Saved data entries:
********

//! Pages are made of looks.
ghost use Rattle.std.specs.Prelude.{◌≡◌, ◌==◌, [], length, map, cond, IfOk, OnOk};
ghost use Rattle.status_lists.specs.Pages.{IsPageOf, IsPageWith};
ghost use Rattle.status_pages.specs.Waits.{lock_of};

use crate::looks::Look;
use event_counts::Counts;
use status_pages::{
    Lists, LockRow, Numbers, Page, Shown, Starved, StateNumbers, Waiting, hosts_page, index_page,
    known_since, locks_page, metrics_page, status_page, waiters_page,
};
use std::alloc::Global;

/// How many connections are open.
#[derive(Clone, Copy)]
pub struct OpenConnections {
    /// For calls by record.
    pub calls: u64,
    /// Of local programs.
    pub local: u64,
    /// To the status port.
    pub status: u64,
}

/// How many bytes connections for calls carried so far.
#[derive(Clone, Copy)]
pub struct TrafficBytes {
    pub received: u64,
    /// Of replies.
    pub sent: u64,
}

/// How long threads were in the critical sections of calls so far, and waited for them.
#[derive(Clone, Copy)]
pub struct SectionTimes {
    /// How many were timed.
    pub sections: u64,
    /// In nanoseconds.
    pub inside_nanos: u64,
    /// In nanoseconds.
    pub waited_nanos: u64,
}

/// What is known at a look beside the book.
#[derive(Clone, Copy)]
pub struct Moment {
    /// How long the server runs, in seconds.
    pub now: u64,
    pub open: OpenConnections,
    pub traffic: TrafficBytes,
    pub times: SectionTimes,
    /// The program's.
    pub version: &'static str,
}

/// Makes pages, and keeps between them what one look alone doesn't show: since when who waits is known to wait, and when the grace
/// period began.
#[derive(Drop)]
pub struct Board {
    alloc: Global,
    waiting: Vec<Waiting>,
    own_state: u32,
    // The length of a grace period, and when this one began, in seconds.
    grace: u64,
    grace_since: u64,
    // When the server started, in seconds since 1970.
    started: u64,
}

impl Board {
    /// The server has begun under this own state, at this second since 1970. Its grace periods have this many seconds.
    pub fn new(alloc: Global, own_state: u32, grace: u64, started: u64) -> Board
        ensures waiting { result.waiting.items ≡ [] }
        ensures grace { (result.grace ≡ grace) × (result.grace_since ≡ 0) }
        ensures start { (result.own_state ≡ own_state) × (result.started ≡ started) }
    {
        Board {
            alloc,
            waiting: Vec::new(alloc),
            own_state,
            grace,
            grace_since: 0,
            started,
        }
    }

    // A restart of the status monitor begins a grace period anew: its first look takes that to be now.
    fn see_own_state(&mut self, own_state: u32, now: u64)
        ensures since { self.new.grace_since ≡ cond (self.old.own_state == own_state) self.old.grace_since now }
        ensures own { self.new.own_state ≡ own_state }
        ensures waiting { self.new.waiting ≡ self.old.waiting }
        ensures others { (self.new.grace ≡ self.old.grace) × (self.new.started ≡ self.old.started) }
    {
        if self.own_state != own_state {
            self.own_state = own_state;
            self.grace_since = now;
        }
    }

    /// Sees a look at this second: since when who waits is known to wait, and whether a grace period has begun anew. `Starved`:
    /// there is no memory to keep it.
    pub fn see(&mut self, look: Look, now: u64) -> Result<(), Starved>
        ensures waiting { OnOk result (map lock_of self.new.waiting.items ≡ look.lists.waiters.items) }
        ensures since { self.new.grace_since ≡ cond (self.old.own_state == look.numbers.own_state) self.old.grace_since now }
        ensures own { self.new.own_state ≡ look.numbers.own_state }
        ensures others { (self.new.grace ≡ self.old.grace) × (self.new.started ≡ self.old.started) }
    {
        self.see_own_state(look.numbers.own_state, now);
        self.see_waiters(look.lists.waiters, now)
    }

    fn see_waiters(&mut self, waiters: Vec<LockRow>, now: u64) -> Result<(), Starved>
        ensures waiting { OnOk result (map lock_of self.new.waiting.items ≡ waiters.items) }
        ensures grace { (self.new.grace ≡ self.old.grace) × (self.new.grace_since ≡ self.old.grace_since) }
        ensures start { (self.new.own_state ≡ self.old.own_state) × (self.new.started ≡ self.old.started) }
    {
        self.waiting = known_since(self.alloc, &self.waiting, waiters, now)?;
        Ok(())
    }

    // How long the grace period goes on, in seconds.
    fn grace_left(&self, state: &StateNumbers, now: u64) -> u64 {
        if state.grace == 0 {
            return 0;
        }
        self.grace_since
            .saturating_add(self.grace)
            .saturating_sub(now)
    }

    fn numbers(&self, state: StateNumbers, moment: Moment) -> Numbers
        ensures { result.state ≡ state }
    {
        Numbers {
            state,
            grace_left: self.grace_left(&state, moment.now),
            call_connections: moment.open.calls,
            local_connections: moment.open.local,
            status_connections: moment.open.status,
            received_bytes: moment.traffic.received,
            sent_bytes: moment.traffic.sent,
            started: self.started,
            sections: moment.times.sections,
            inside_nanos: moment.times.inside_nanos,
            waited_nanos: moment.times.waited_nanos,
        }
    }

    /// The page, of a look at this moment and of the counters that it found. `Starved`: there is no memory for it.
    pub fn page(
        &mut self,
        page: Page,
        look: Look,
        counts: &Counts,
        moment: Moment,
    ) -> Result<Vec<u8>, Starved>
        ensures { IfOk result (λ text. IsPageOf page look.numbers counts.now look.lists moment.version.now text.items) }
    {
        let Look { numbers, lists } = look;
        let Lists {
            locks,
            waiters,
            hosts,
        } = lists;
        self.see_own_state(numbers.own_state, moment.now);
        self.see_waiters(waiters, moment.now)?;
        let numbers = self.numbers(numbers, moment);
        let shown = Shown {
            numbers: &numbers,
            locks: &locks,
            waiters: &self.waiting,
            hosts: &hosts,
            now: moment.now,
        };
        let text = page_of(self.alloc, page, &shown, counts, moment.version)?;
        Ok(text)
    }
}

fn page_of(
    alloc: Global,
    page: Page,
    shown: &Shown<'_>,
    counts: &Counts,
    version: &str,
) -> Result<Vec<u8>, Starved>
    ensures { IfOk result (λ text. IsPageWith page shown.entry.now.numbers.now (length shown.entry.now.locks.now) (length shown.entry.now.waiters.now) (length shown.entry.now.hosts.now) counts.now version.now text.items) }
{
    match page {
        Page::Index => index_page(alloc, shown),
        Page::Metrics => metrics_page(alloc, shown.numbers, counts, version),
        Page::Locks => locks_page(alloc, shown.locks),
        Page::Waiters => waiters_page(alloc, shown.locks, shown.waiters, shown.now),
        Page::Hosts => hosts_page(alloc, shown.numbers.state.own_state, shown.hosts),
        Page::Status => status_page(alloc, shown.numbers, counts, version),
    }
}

********

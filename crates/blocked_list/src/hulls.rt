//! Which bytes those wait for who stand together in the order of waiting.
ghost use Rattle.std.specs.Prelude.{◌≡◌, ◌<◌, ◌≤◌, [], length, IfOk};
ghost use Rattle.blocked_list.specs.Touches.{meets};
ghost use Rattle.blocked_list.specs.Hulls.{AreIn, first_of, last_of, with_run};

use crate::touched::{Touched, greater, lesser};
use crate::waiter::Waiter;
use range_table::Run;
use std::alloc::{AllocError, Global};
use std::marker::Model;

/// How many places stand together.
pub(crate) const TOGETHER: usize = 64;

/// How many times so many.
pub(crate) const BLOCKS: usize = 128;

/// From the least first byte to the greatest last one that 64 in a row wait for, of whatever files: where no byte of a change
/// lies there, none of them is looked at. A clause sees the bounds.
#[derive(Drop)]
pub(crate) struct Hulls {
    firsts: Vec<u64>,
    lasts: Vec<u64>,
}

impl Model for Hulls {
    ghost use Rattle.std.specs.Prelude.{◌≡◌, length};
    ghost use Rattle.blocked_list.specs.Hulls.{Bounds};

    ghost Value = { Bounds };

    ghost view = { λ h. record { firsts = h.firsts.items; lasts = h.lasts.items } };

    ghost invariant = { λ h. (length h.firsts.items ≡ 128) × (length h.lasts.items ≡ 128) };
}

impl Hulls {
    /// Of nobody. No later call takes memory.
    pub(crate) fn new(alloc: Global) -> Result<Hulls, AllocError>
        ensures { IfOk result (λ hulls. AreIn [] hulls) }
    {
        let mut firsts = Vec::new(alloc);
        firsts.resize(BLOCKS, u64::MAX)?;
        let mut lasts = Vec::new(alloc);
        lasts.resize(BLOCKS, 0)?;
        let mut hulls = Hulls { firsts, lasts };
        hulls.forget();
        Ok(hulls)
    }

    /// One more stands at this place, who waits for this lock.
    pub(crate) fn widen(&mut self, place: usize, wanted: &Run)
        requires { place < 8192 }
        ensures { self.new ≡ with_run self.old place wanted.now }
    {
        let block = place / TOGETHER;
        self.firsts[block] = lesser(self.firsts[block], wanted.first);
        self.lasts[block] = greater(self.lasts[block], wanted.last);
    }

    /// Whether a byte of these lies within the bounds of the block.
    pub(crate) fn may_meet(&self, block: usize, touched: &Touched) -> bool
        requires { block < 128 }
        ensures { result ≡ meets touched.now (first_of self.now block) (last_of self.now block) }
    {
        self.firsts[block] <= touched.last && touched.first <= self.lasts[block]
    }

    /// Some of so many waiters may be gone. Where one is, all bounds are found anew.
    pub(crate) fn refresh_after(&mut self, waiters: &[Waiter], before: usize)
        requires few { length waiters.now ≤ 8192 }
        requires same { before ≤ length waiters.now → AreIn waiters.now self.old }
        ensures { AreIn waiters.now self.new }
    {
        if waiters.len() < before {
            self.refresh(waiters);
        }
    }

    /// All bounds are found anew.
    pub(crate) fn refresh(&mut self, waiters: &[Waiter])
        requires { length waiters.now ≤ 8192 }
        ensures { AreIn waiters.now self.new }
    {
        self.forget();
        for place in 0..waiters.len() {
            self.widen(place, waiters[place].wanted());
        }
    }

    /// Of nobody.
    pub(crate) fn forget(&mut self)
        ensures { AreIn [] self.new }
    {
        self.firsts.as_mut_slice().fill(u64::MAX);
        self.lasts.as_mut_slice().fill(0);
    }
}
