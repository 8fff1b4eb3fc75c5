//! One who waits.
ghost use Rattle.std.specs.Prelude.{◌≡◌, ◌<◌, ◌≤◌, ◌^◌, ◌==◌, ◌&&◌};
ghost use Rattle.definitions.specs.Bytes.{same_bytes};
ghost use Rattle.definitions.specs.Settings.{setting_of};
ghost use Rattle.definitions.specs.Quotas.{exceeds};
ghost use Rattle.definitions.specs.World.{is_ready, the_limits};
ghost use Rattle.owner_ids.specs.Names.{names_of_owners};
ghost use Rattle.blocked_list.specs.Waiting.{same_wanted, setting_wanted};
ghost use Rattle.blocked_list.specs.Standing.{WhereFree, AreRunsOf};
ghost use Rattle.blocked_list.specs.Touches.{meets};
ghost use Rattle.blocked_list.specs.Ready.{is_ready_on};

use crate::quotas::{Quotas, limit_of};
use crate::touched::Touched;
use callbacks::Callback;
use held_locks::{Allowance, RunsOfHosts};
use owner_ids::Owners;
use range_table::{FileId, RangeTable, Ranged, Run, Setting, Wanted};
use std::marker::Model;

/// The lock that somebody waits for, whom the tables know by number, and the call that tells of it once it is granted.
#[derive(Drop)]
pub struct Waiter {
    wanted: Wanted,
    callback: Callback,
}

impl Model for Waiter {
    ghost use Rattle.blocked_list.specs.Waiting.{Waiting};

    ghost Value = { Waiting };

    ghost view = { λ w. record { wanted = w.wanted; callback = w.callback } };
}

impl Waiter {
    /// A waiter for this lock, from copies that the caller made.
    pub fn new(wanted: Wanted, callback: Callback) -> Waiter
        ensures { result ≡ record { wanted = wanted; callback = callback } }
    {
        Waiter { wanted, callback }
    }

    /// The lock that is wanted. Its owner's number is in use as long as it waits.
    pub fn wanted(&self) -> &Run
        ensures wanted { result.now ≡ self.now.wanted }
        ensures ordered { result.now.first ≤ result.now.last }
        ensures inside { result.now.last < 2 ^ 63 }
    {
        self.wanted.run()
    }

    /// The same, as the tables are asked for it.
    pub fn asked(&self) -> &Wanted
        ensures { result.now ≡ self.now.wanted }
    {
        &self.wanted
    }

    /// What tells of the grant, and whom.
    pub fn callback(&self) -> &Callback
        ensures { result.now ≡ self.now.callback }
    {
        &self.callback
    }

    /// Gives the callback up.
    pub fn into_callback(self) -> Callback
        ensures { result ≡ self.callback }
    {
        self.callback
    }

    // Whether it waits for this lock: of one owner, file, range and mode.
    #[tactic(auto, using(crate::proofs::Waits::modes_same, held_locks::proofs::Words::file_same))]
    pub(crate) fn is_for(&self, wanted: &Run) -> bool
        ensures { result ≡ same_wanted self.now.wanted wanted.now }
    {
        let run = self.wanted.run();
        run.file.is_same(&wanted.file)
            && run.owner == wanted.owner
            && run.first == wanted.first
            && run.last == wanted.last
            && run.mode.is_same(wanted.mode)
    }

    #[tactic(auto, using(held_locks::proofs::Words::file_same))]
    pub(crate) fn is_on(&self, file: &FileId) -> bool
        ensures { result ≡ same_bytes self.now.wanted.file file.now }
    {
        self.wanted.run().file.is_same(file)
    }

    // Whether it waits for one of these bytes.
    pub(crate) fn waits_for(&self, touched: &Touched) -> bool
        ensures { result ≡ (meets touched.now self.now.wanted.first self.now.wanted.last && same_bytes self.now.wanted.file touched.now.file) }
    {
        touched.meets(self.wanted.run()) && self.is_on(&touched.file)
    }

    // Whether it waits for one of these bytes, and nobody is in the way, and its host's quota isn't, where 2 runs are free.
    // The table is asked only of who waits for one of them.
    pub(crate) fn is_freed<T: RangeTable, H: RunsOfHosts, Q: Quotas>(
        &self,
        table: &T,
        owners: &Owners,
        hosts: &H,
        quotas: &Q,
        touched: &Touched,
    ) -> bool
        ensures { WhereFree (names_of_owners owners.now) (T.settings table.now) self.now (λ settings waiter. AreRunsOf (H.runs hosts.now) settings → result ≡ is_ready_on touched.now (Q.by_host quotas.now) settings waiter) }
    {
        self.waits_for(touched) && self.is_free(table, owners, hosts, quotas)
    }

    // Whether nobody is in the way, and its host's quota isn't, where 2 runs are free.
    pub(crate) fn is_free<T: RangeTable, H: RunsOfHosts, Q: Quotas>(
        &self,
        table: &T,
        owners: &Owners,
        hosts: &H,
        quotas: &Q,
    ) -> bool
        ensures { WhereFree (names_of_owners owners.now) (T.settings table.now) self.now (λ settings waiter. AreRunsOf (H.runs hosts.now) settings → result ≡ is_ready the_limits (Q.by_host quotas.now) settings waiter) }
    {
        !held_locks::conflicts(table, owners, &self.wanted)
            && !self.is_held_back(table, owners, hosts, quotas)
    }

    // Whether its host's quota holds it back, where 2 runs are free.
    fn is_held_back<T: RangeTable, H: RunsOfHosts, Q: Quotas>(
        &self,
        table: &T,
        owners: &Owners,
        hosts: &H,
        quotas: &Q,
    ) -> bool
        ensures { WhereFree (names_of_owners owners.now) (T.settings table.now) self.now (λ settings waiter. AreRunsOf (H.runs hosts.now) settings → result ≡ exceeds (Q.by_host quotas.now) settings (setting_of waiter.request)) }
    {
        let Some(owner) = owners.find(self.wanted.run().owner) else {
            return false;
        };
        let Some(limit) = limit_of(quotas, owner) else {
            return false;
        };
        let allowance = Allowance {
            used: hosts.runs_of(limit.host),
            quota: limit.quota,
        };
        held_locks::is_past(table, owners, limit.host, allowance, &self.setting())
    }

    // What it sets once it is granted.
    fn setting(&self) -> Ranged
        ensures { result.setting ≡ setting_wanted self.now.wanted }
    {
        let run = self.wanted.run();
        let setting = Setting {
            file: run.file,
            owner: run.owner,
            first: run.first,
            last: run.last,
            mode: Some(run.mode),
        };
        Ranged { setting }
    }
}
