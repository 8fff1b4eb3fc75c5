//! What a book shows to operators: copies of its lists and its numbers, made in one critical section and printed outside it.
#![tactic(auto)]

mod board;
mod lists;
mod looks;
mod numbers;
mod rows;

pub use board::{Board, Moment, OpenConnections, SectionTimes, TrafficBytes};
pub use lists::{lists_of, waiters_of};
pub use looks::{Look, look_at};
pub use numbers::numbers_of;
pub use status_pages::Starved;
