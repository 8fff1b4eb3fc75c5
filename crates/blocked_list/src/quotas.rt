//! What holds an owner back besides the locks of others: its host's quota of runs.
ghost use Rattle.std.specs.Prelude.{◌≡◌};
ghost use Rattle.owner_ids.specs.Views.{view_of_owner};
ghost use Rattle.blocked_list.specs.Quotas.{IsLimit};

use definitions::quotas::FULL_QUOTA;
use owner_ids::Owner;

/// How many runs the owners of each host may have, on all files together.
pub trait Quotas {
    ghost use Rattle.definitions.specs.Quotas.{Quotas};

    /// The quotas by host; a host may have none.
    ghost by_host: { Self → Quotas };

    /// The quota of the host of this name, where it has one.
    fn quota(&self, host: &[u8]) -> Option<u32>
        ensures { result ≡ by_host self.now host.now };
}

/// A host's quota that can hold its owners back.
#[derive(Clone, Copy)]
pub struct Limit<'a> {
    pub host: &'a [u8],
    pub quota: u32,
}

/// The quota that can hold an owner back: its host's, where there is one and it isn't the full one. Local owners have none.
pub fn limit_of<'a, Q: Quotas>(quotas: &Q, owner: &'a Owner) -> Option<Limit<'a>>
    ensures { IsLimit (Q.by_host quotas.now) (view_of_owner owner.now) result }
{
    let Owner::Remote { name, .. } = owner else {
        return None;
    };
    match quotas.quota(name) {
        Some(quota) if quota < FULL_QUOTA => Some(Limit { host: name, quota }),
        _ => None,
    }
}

********

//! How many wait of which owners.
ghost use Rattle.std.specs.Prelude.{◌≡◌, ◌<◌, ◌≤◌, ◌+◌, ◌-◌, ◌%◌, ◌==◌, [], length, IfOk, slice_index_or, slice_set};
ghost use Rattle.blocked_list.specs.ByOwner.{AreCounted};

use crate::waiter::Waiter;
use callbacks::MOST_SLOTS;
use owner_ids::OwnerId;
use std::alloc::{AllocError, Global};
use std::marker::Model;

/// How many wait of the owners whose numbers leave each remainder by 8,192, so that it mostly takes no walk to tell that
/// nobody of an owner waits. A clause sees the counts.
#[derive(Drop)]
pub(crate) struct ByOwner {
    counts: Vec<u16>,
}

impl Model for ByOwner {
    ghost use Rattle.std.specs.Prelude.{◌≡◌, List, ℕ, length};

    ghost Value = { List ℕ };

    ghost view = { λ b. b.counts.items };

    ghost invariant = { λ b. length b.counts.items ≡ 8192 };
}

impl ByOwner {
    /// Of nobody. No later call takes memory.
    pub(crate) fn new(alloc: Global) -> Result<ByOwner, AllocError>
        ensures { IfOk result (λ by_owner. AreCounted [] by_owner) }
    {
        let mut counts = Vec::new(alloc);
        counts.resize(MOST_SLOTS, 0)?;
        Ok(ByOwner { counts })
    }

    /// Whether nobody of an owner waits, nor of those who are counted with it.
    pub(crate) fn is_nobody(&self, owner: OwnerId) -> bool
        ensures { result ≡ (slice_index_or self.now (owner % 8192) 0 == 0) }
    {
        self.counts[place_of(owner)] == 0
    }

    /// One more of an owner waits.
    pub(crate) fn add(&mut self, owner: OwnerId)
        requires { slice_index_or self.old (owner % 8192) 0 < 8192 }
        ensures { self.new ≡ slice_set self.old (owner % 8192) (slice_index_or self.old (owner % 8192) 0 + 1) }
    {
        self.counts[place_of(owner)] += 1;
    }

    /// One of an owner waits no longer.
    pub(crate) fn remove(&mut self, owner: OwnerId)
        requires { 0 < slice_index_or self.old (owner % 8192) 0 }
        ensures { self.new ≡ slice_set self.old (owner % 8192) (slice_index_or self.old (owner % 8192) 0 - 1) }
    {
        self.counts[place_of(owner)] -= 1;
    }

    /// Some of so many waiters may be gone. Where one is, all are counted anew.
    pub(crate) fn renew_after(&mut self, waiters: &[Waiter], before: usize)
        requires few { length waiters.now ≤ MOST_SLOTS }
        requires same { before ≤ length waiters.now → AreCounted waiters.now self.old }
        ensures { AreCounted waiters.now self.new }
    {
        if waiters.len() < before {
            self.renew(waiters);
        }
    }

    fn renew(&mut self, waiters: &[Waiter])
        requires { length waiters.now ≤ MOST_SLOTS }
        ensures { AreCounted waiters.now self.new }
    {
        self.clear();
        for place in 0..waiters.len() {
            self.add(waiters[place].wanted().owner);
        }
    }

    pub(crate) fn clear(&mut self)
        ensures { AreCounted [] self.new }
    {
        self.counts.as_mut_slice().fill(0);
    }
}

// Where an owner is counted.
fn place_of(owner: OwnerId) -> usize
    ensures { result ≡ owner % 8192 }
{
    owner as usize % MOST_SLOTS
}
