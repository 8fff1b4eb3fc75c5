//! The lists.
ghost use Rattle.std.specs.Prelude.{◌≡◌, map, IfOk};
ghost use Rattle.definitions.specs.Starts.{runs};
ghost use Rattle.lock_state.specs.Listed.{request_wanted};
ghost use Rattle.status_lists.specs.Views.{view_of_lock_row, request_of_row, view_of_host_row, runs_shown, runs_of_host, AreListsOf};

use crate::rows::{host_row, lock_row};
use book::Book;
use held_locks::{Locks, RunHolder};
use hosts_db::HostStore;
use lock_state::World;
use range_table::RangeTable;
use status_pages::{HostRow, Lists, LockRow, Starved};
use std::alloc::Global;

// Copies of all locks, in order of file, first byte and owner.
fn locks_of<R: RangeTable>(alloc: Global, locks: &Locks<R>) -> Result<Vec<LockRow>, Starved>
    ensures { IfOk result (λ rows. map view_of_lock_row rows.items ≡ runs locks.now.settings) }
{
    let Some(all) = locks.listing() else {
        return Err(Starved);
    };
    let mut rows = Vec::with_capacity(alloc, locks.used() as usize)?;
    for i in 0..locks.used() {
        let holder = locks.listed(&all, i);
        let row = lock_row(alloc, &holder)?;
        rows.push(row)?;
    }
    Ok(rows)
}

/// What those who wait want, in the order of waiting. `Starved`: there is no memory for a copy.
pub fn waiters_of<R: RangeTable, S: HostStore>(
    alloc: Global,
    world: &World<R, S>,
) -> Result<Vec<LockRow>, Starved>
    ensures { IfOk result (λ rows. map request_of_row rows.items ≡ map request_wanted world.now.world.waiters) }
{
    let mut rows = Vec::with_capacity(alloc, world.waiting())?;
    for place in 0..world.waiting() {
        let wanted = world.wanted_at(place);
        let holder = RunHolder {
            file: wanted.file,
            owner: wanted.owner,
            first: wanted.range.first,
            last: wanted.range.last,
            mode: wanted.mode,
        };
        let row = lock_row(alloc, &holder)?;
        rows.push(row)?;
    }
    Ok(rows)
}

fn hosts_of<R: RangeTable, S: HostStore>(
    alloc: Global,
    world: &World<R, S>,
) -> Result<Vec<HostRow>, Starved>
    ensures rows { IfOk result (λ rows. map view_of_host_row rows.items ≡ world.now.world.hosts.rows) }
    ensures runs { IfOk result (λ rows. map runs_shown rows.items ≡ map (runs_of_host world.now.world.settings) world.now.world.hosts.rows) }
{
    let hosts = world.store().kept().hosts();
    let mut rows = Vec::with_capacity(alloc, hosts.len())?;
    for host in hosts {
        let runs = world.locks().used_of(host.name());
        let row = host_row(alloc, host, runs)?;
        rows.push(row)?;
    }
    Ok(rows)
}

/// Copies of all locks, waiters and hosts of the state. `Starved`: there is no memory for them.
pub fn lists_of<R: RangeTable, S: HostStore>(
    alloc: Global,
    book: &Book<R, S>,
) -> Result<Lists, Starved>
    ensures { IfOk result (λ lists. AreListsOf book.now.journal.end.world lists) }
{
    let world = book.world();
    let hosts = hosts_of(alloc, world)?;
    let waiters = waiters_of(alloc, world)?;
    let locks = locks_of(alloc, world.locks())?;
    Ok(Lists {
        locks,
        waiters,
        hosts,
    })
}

********

* _What to work on_: Please tally the lines above that include the word "bool" and answer with the number by itself.

* _Your response_: 8